If you use a mini skid steer, get one with a six-way articulating blade. You'll need it on the slope. If you can become proficient at the excavator, you can really cut a bench into a hillside quickly with one. The two problems I encountered were 1) the boom didn't extend the bucket far enough down slope to adequately broadcast the dirt, and 2) I didn't adequately cut the trees on the downslope side to better maneuver the boom.

Good luck! Post pictures when you're done. I'll see if I can post mine up from my last job.

Dewayne


----------



## Fattirewilly (Dec 10, 2001)

Here's some pics from the last time we had an SK 500.

http://www.cambc.org/pictures/IMBATCCVisitPhotos2004-12/index.html

I spent a lot of time watching Rich (the operator) do his thing. I'm hoping for a private lesson as Rich is only an hour away, but even without... growing up on a farm I've spent a little time pushing sh!t around with a John Deere loader....

With a little luck, we'll be renting for a Saturday and have hand labor available. I'm thinking the dozer is the way to go if we just need to cut a lot of bench and get out.


----------



## dburatti (Feb 14, 2004)

Fattirewilly said:


> Here's some pics from the last time we had an SK 500.
> 
> http://www.cambc.org/pictures/IMBATCCVisitPhotos2004-12/index.html
> 
> I spent a lot of time watching Rich (the operator) do his thing.

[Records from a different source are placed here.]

impl MemTree {
    ghost use Rattle.mem_tree.specs.MemHistory.{history_told, tree_told, fields_told, next_fate, next_look_fails, noted, refused, told, untouched, history_first, ImagesFor, IsUntouched, GrewByPair, PerformsTold, ChangeTold, FailedAtTold, HasCauseTold, ImagesTold, MayLeave};

    /// The tree of the entries, whose root has the mode 0o755. Nothing is pending, and no call is to fail.
    ///
    /// # Errors
    /// `BadEntry` with the place, from 0, of the first entry whose path is the root or stands before, whose parent is
    /// neither the root nor a directory that stands before, whose mode is over 0o7777, whose target isn't 1 to 4,095
    /// bytes without NUL, or whose number is over 9,223,372,036,854,775,807 or stands before with other bytes or mode.
    pub fn new(alloc: Global, entries: &[Entry]) -> Result<Self, BuildFault>
        ensures good { IfOk result (λ m. first_bad [] entries.now ≡ None) }
        ensures bad { IfErr result (λ fault. Refuses entries.now fault) }
        ensures told { IfOk result (λ m. told m ≡
            untouched (Began (built root_tree entries.now) (next_of entries.now))
            (times_built entries.now)) }
    {
        let (store, first_number) = store_of(alloc, entries)?;
        Ok(MemTree::began(alloc, store, first_number)?)
    }

    // A tree that begins with a store, with nothing pending.
    fn began(alloc: Global, store: Store, first_number: u64) -> Result<Self, Memory>
        requires { IsSound (Began (tree_of store) first_number) }
        ensures { IfOk result (λ m. told m ≡
            untouched (Began (tree_of store) first_number) (times_of store)) }
    {
        let began = store.copy()?;
        Ok(MemTree {
            alloc,
            began,
            first_number,
            attempts: Vec::new(alloc),
            store,
            next_number: first_number,
            before_fault: 0,
            failing_changes: Vec::new(alloc),
            changes_made: 0,
            failing_looks: Vec::new(alloc),
            looks_made: 0,
            faults: Faults::new(),
            short: 0,
        })
    }

    /// Takes a list of the changing calls that fail, counted from the next one as 0, and whether each is done all the
    /// same. Of two entries for one call the first counts. It replaces the list given before.
    ///
    /// # Errors
    /// Where memory is refused nothing has changed.
    pub fn fail_changes(&mut self, calls: &[(u64, bool)]) -> Result<(), Memory>
        ensures ok { OnOk result (told self.new ≡
            record (told self.old) { failing_changes = calls.now; changes_made = 0 }) }
        ensures err { OnErr result (told self.new ≡ told self.old) }
    {
        self.failing_changes = Vec::from_slice(self.alloc, calls)?;
        self.changes_made = 0;
        Ok(())
    }

    /// Takes a list of the looks that fail, counted from the next one as 0. It replaces the list given before.
    ///
    /// # Errors
    /// Where memory is refused nothing has changed.
    pub fn fail_looks(&mut self, calls: &[u64]) -> Result<(), Memory>
        ensures ok { OnOk result (told self.new ≡
            record (told self.old) { failing_looks = calls.now; looks_made = 0 }) }
        ensures err { OnErr result (told self.new ≡ told self.old) }
    {
        self.failing_looks = Vec::from_slice(self.alloc, calls)?;
        self.looks_made = 0;
        Ok(())
    }

    /// How many calls have failed because memory was refused. The count stays at its last value.
    pub fn short(&self) -> u64
        ensures { result ≡ (told self.now).short }
    {
        self.short
    }

    /// Its failed calls.
    pub fn faults(&self) -> Faults
        ensures { result ≡ (told self.now).faults }
    {
        self.faults
    }

    /// Whether the two trees that read are equal, the numbers of their files too. It takes no memory.
    pub fn same(&self, other: &MemTree) -> bool
        ensures { IsTrue result ↔ (tree_told self.now ≡ tree_told other.now) }
    {
        self.store.same(&other.store)
    }

    /// Whether a changing call can be made: its condition holds in the tree that reads. It takes no memory.
    pub fn can(&self, change: &Change) -> bool
        ensures { IsTrue result ↔ CanDo change.now (tree_told self.now) }
    {
        self.store.can(change)
    }

    // Fails before anything is done.
    fn give_up(&mut self, call: CallName) -> Failed
        ensures { told self.new ≡ noted call true (told self.old) }
    {
        self.before_fault = self.attempts.len();
        self.faults.note(call);
        Failed
    }

    // Fails for want of memory.
    fn run_short(&mut self, call: CallName) -> Failed
        ensures { told self.new ≡
            record (noted call true (told self.old)) { short = raised (told self.old).short } }
    {
        self.short = self.short.saturating_add(1);
        self.give_up(call)
    }

    // Whether the next look fails. It counts as made.
    fn look_fails(&mut self) -> bool
        ensures fate { result ≡ next_look_fails (told self.old) }
        ensures store { self.new.store ≡ self.old.store }
        ensures counted { told self.new ≡
            record (told self.old) { looks_made = raised (told self.old).looks_made } }
    {
        let call = self.looks_made;
        self.looks_made = self.looks_made.saturating_add(1);
        names_look(&self.failing_looks, call)
    }

    // What becomes of the next changing call. It counts as made.
    fn next_fate(&mut self) -> Fate
        ensures ok { result.is_ok ≡ not (is_some (next_fate (told self.old))) }
        ensures done { result.is_done ≡ unwrap_or (next_fate (told self.old)) true }
        ensures counted { self.new ≡
            record self.old { changes_made = raised self.old.changes_made } }
    {
        let call = self.changes_made;
        self.changes_made = self.changes_made.saturating_add(1);
        fate_of(&self.failing_changes, call)
    }

    // Makes a changing call, which fails as the schedule says.
    fn change(&mut self, call: CallName, change: Change) -> Result<(), Failed>
        requires { CanDo change (tree_told self.old) }
        ensures history { PerformsTold change self.old self.new result }
        ensures before_failed { FailedAtTold self.old self.new result }
        ensures cause { HasCauseTold call self.old self.new result }
        ensures scheduled { ChangeTold call change self.old self.new result }
    {
        let fate = self.next_fate();
        let before = self.attempts.len();
        let Some(later) = number_after(&change, self.next_number, fate.is_done) else {
            return Err(self.give_up(call));
        };
        let attempt = Attempt {
            change,
            number: self.next_number,
            is_done: fate.is_done,
            is_ok: fate.is_ok,
        };
        match do_call(&mut self.store, &mut self.attempts, attempt) {
            Ok(()) => {
                self.next_number = later;
                if fate.is_ok {
                    return Ok(());
                }
                self.before_fault = before;
                self.faults.note(call);
                Err(Failed)
            }
            Err(_) => Err(self.run_short(call)),
        }
    }

    // A changing call whose arguments there is no memory for. It counts as made.
    fn refuse(&mut self, call: CallName) -> Failed
        ensures { told self.new ≡ refused call (told self.old) }
    {
        self.changes_made = self.changes_made.saturating_add(1);
        self.run_short(call)
    }

    // How many calls came before the last sync that was done; 0 where there was none.
    fn count_before_sync(&self) -> usize
        ensures within { result ≤ length self.now.attempts.items }
        ensures history { history_first result self.now ≡ synced_history (history_told self.now) }
    {
        let mut count = 0;
        for (place, attempt) in self.attempts.iter().enumerate() {
            count = count_before_sync(attempt, place, count);
        }
        count
    }

    // What the first calls of the record, so many, made of the tree that it began with.
    fn store_behind(&self, count: usize) -> Result<Store, Memory>
        requires { count ≤ length self.now.attempts.items }
        ensures { IfOk result (λ s. stand_in s ≡
            stand_of (history_first count self.now) (told self.now).times) }
    {
        let mut store = self.began.copy()?;
        for attempt in &self.attempts[..count] {
            redo(&mut store, attempt)?;
        }
        Ok(store)
    }

    // The calls that are pending, each with the number that a file of it got.
    fn pending(&self) -> Result<Vec<(u64, Change)>, Memory>
        ensures { IfOk result (λ calls. calls.items ≡ pending_calls (history_told self.now)) }
    {
        let mut calls = Vec::new(self.alloc);
        for attempt in &self.attempts {
            note_pending(&mut calls, attempt)?;
        }
        Ok(calls)
    }

    // Adds the two images of a sub-list.
    fn push_pair(
        &self,
        images: &mut Vec<MemTree>,
        base: &Store,
        whole: &[(u64, Change)],
        empty: &[(u64, Change)],
        choice: Choice,
    ) -> Result<(), Memory>
        requires whole { EndsAt self.now.next_number whole.now (tree_of base.now) }
        requires empty { empty.now ≡ map emptied_of whole.now }
        ensures { OnOk result (GrewByPair (picked (takes choice) whole.now) (stand_in base.now)
            self.now.next_number images.old.items images.new.items) }
    {
        let one = MemTree::began(self.alloc, replay(base, whole, choice)?, self.next_number)?;
        let other = MemTree::began(self.alloc, replay(base, empty, choice)?, self.next_number)?;
        images.push(one)?;
        images.push(other)?;
        Ok(())
    }

    // The images of sub-lists.
    fn images_of(
        &self,
        base: &Store,
        whole: &[(u64, Change)],
        empty: &[(u64, Change)],
        choices: &[Choice],
    ) -> Result<Vec<MemTree>, Memory>
        requires whole { EndsAt self.now.next_number whole.now (tree_of base.now) }
        requires empty { empty.now ≡ map emptied_of whole.now }
        ensures images { IfOk result
            (λ images. ImagesFor choices.now whole.now (stand_in base.now) images.items) }
        ensures untouched { IfOk result
            (λ images. All (IsUntouched self.now.next_number) images.items) }
    {
        let mut images = Vec::new(self.alloc);
        for choice in choices {
            self.push_pair(&mut images, base, whole, empty, *choice)?;
        }
        Ok(images)
    }

    /// Trees that a crash may leave now, each with nothing pending, no faults, nothing that is to fail, and the next number of
    /// this tree. Of at most ten pending calls they are the results of all sub-lists, in the order of the numbers whose bit i
    /// says that call i, from 0, is in it. Of more they are those of each prefix, by its length, and then of each list with one
    /// call left out, by its place. A call whose condition doesn't hold in the tree so far is skipped. Each result is given
    /// twice: with the files that were written whole, and then with them empty.
    pub fn images(&self) -> Result<Vec<MemTree>, Memory>
        ensures images { IfOk result (λ images. ImagesTold self.now images.items) }
        ensures untouched { IfOk result
            (λ images. All (IsUntouched (number_told (history_told self.now))) images.items) }
        ensures crash { IfOk result (λ images. All (MayLeave self.now) images.items) }
    {
        let synced = self.count_before_sync();
        let base = self.store_behind(synced)?;
        let whole = self.pending()?;
        let empty = emptied(self.alloc, &whole)?;
        let chosen = choices(self.alloc, whole.len())?;
        self.images_of(&base, &whole, &empty, &chosen)
    }
}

Sweet pics. Rich is one skilled trail dozer operator! I got to work with him in DuPont State Forest when we had a trail guru gathering a couple of years ago. I need to call him about working with him this summer. IMBA has a lot of Trail Solutions work...so much that Joey and Rich (and even Woody and Ed) might not be able to keep up with it.

I see you had Chris and Jill out from IMBA. They're great to work with, too.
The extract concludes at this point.